§ Your instructions
Look through the data below and, wherever a line carries the word "values", please copy that line.
*** Opening Records to use ***
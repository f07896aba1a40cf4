// The code of expressions, from its end.

ghost use Rattle.std.specs.Prelude.{◌≡◌, ◌+◌, ◌<◌, ◌^◌, ◌∷◌, [], ◌++◌, drop, option_map, IfOk, OnOk};
ghost use Rattle.nx_checked.specs.Trees.{count, expr_of, place_of, args_of};
ghost use Rattle.nx_lower.specs.Code.{expr_code, loaded_code, place_code, fetched_code, args_code, right_code};
ghost use Rattle.nx_lower.specs.Bodies.{option_code};
ghost use Rattle.nx_lowerexpr.specs.Sources.{source_of};

use crate::code::Code;
use crate::operations::{
    binary, by_one, cut, prefix, put_conversion, put_kept, put_negate, put_raise, put_step, right,
    stepping, truth, width,
};
use crate::variables::{call_at, put_arguments, put_array, put_read, put_write, text_static};
use nx_checked::{Checked, CheckedExpr, CheckedPlace, Element, StepValue};
use nx_shared::Shared;
use nx_slot::{Comparison, Operand, SlotOp, Unary};
use std::alloc::AllocError;

// How many cells there are before a value and after it. No more values wait than memory can hold.
fn check_depth(n: usize, d: usize) -> Result<(), AllocError>
    ensures cells { OnOk result (n < 2 ^ 32) }
    ensures depth { OnOk result (d < 2 ^ 32) }
{
    if n > 0xffffffff || d > 0xffffffff {
        return Err(AllocError);
    }
    Ok(())
}

/// Puts the code of an expression over n cells, where d values wait, before other code.
#[cycle(put)]
pub fn put_expr(
    code: &mut Code,
    program: &Checked,
    n: usize,
    d: usize,
    e: &CheckedExpr,
) -> Result<(), AllocError>
    ensures { OnOk result (code.new ≡ expr_code (source_of program.now) n d (expr_of e.now) ++ code.old) }
{
    check_depth(n, d)?;
    let to = n + d;
    let next = n + (d + 1);
    match e {
        CheckedExpr::Constant(c) => code.put(SlotOp::Move {
            to,
            from: Operand::Number(*c),
        }),
        CheckedExpr::Literal(i) => {
            let object = text_static(program, *i)?;
            code.put(SlotOp::Static { to, object })
        }
        CheckedExpr::Function(f) => code.put(SlotOp::Entry {
            to,
            function: *f as usize,
        }),
        CheckedExpr::Read(x) => put_read(code, program, *x, to),
        CheckedExpr::Array(a) => put_array(code, program, *a, to),
        CheckedExpr::Load(w, p) => put_loaded(code, program, n, d, *w, p.get()),
        CheckedExpr::AddressOf(w, a, i) => {
            code.put(SlotOp::Index {
                to,
                base: to,
                index: right(i.get(), next),
                width: width(*w),
            })?;
            put_right(code, program, n, d + 1, i.get())?;
            put_expr(code, program, n, d, a.get())
        }
        CheckedExpr::Unary(op, a) => {
            code.put(prefix(*op, to))?;
            put_expr(code, program, n, d, a.get())
        }
        CheckedExpr::Binary(op, a, b) => {
            code.put(SlotOp::Apply {
                op: binary(*op),
                to,
                left: to,
                right: right(b.get(), next),
            })?;
            put_right(code, program, n, d + 1, b.get())?;
            put_expr(code, program, n, d, a.get())
        }
        CheckedExpr::And(a, b) => {
            code.put(truth(to))?;
            let end = code.len();
            put_expr(code, program, n, d, b.get())?;
            code.put(SlotOp::SkipUnless {
                test: Comparison::Unequal,
                left: to,
                right: Operand::Number(0),
                past: code.len() - end,
            })?;
            put_expr(code, program, n, d, a.get())
        }
        CheckedExpr::Or(a, b) => {
            code.put(truth(to))?;
            let end = code.len();
            put_expr(code, program, n, d, b.get())?;
            code.put(SlotOp::SkipUnless {
                test: Comparison::Equal,
                left: to,
                right: Operand::Number(0),
                past: code.len() - end,
            })?;
            put_expr(code, program, n, d, a.get())
        }
        CheckedExpr::Conditional(c, a, b) => {
            let end = code.len();
            put_expr(code, program, n, d, b.get())?;
            let between = code.len();
            code.put(SlotOp::Skip {
                past: between - end,
            })?;
            put_expr(code, program, n, d, a.get())?;
            code.put(SlotOp::SkipUnless {
                test: Comparison::Unequal,
                left: to,
                right: Operand::Number(0),
                past: code.len() - between,
            })?;
            put_expr(code, program, n, d, c.get())
        }
        CheckedExpr::Convert(kind, a) => {
            put_conversion(code, *kind, to)?;
            put_expr(code, program, n, d, a.get())
        }
        CheckedExpr::Advance(w, a, i) => {
            code.put(SlotOp::Index {
                to,
                base: to,
                index: right(i.get(), next),
                width: width(*w),
            })?;
            put_right(code, program, n, d + 1, i.get())?;
            put_expr(code, program, n, d, a.get())
        }
        CheckedExpr::AdvanceBy(w, i, a) => {
            code.put(SlotOp::Index {
                to,
                base: next,
                index: Operand::Cell(to),
                width: width(*w),
            })?;
            put_expr(code, program, n, d + 1, a.get())?;
            put_expr(code, program, n, d, i.get())
        }
        CheckedExpr::Retreat(w, a, i) => {
            code.put(SlotOp::Index {
                to,
                base: to,
                index: Operand::Cell(next),
                width: width(*w),
            })?;
            code.put(SlotOp::Change {
                op: Unary::Negate,
                to: next,
                from: next,
            })?;
            put_expr(code, program, n, d + 1, i.get())?;
            put_expr(code, program, n, d, a.get())
        }
        CheckedExpr::Assign(s, x, e) => {
            put_write(code, program, *x, to)?;
            put_kept(code, *s, to)?;
            put_expr(code, program, n, d, e.get())
        }
        CheckedExpr::AssignElement(w, p, e) => {
            code.put(cut(*w, to, next))?;
            code.put(SlotOp::Store {
                place: to,
                value: next,
                width: width(*w),
            })?;
            put_expr(code, program, n, d + 1, e.get())?;
            put_place(code, program, n, d, *w, p.get())
        }
        CheckedExpr::Compound(op, s, x, e) => {
            put_write(code, program, *x, to)?;
            put_raise(code, *op, *s, to, to, Operand::Cell(next))?;
            put_negate(code, *op, *s, next)?;
            put_expr(code, program, n, d + 1, e.get())?;
            put_read(code, program, *x, to)
        }
        CheckedExpr::CompoundElement(op, w, p, e) => {
            code.put(cut(*w, to, next))?;
            code.put(SlotOp::Store {
                place: to,
                value: next,
                width: width(*w),
            })?;
            code.put(SlotOp::Apply {
                op: binary(*op),
                to: next,
                left: next,
                right: Operand::Cell(n + (d + 1 + 1)),
            })?;
            put_expr(code, program, n, d + 1 + 1, e.get())?;
            put_fetched(code, program, n, d, *w, p.get())
        }
        CheckedExpr::Step(v, up, s, x) => {
            let new = match v {
                StepValue::New => to,
                StepValue::Old => next,
            };
            put_write(code, program, *x, new)?;
            put_raise(
                code,
                stepping(*up),
                *s,
                new,
                to,
                Operand::Number(by_one(*up, *s)),
            )?;
            put_read(code, program, *x, to)
        }
        CheckedExpr::StepElement(v, up, w, p) => {
            put_step(code, n, d, *v, *up, *w)?;
            put_fetched(code, program, n, d, *w, p.get())
        }
        CheckedExpr::Kernel(k, xs) => {
            code.put(SlotOp::Ask {
                number: call_at(program, *k),
                first: to,
                count: count_of(xs.as_slice()),
            })?;
            put_args(code, program, n, d, xs.as_slice())
        }
        CheckedExpr::Call(f, xs) => {
            code.put(SlotOp::Go {
                function: *f as usize,
                first: to,
                count: count_of(xs.as_slice()),
            })?;
            put_arguments(code, program, *f, to)?;
            put_args(code, program, n, d, xs.as_slice())
        }
    }
}

// Puts the code of an operand on the right.
#[cycle(put)]
fn put_right(
    code: &mut Code,
    program: &Checked,
    n: usize,
    d: usize,
    e: &CheckedExpr,
) -> Result<(), AllocError>
    ensures { OnOk result (code.new ≡ right_code (expr_of e.now) (expr_code (source_of program.now) n d (expr_of e.now)) ++ code.old) }
{
    match e {
        CheckedExpr::Constant(_) => Ok(()),
        _ => put_expr(code, program, n, d, e),
    }
}

// Puts the code of an element that is read.
#[cycle(put)]
fn put_loaded(
    code: &mut Code,
    program: &Checked,
    n: usize,
    d: usize,
    w: Element,
    p: &CheckedPlace,
) -> Result<(), AllocError>
    ensures { OnOk result (code.new ≡ loaded_code (source_of program.now) n d w (place_of p.now) ++ code.old) }
{
    check_depth(n, d)?;
    let to = n + d;
    code.put(SlotOp::Load {
        to,
        place: to,
        width: width(w),
    })?;
    match p {
        CheckedPlace::Index(a, i) => {
            code.put(SlotOp::Index {
                to,
                base: to,
                index: right(i.get(), n + (d + 1)),
                width: width(w),
            })?;
            put_right(code, program, n, d + 1, i.get())?;
            put_expr(code, program, n, d, a.get())
        }
        CheckedPlace::Deref(a) => put_expr(code, program, n, d, a.get()),
    }
}

// Puts the code of an element that is written.
#[cycle(put)]
fn put_place(
    code: &mut Code,
    program: &Checked,
    n: usize,
    d: usize,
    w: Element,
    p: &CheckedPlace,
) -> Result<(), AllocError>
    ensures { OnOk result (code.new ≡ place_code (source_of program.now) n d w (place_of p.now) ++ code.old) }
{
    check_depth(n, d)?;
    match p {
        CheckedPlace::Index(a, i) => {
            code.put(SlotOp::Index {
                to: n + d,
                base: n + d,
                index: right(i.get(), n + (d + 1)),
                width: width(w),
            })?;
            put_right(code, program, n, d + 1, i.get())?;
            put_expr(code, program, n, d, a.get())
        }
        CheckedPlace::Deref(a) => put_expr(code, program, n, d, a.get()),
    }
}

// Puts the code of an element that is read and then written.
#[cycle(put)]
fn put_fetched(
    code: &mut Code,
    program: &Checked,
    n: usize,
    d: usize,
    w: Element,
    p: &CheckedPlace,
) -> Result<(), AllocError>
    ensures { OnOk result (code.new ≡ fetched_code (source_of program.now) n d w (place_of p.now) ++ code.old) }
{
    check_depth(n, d)?;
    let next = n + (d + 1);
    code.put(SlotOp::Load {
        to: next,
        place: n + d,
        width: width(w),
    })?;
    match p {
        CheckedPlace::Index(a, i) => {
            code.put(SlotOp::Index {
                to: n + d,
                base: n + d,
                index: right(i.get(), next),
                width: width(w),
            })?;
            put_right(code, program, n, d + 1, i.get())?;
            put_expr(code, program, n, d, a.get())
        }
        CheckedPlace::Deref(a) => put_expr(code, program, n, d, a.get()),
    }
}

// Puts the code of arguments, the first of them over d values.
#[cycle(put)]
fn put_args(
    code: &mut Code,
    program: &Checked,
    n: usize,
    d: usize,
    xs: &[CheckedExpr],
) -> Result<(), AllocError>
    ensures { OnOk result (code.new ≡ args_code (source_of program.now) n d (args_of xs.now) ++ code.old) }
{
    check_depth(n, d)?;
    let mut left = xs.len();
    while left > 0 {
        left -= 1;
        put_expr(code, program, n, d + left, &xs[left])?;
    }
    Ok(())
}

// How many arguments there are.
#[tactic(auto, using(nx_cmean::proofs::Arguments::count_args))]
fn count_of(xs: &[CheckedExpr]) -> usize
    ensures { result ≡ count (args_of xs.now) }
{
    xs.len()
}

/// Puts the code of an expression that may be absent, and whose value nobody wants.
pub fn put_option(
    code: &mut Code,
    program: &Checked,
    n: usize,
    e: &Option<Shared<CheckedExpr>>,
) -> Result<(), AllocError>
    ensures { OnOk result (code.new ≡ option_code (source_of program.now) n (option_map expr_of e.now) ++ code.old) }
{
    match e {
        None => Ok(()),
        Some(e) => put_expr(code, program, n, 0, e.get()),
    }
}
*** Closing Records to use ***
§ Exercise result
// How many cells there are before a value and after it. No more values wait than memory can hold.
/// Puts the code of an expression over n cells, where d values wait, before other code.
// Puts the code of arguments, the first of them over d values.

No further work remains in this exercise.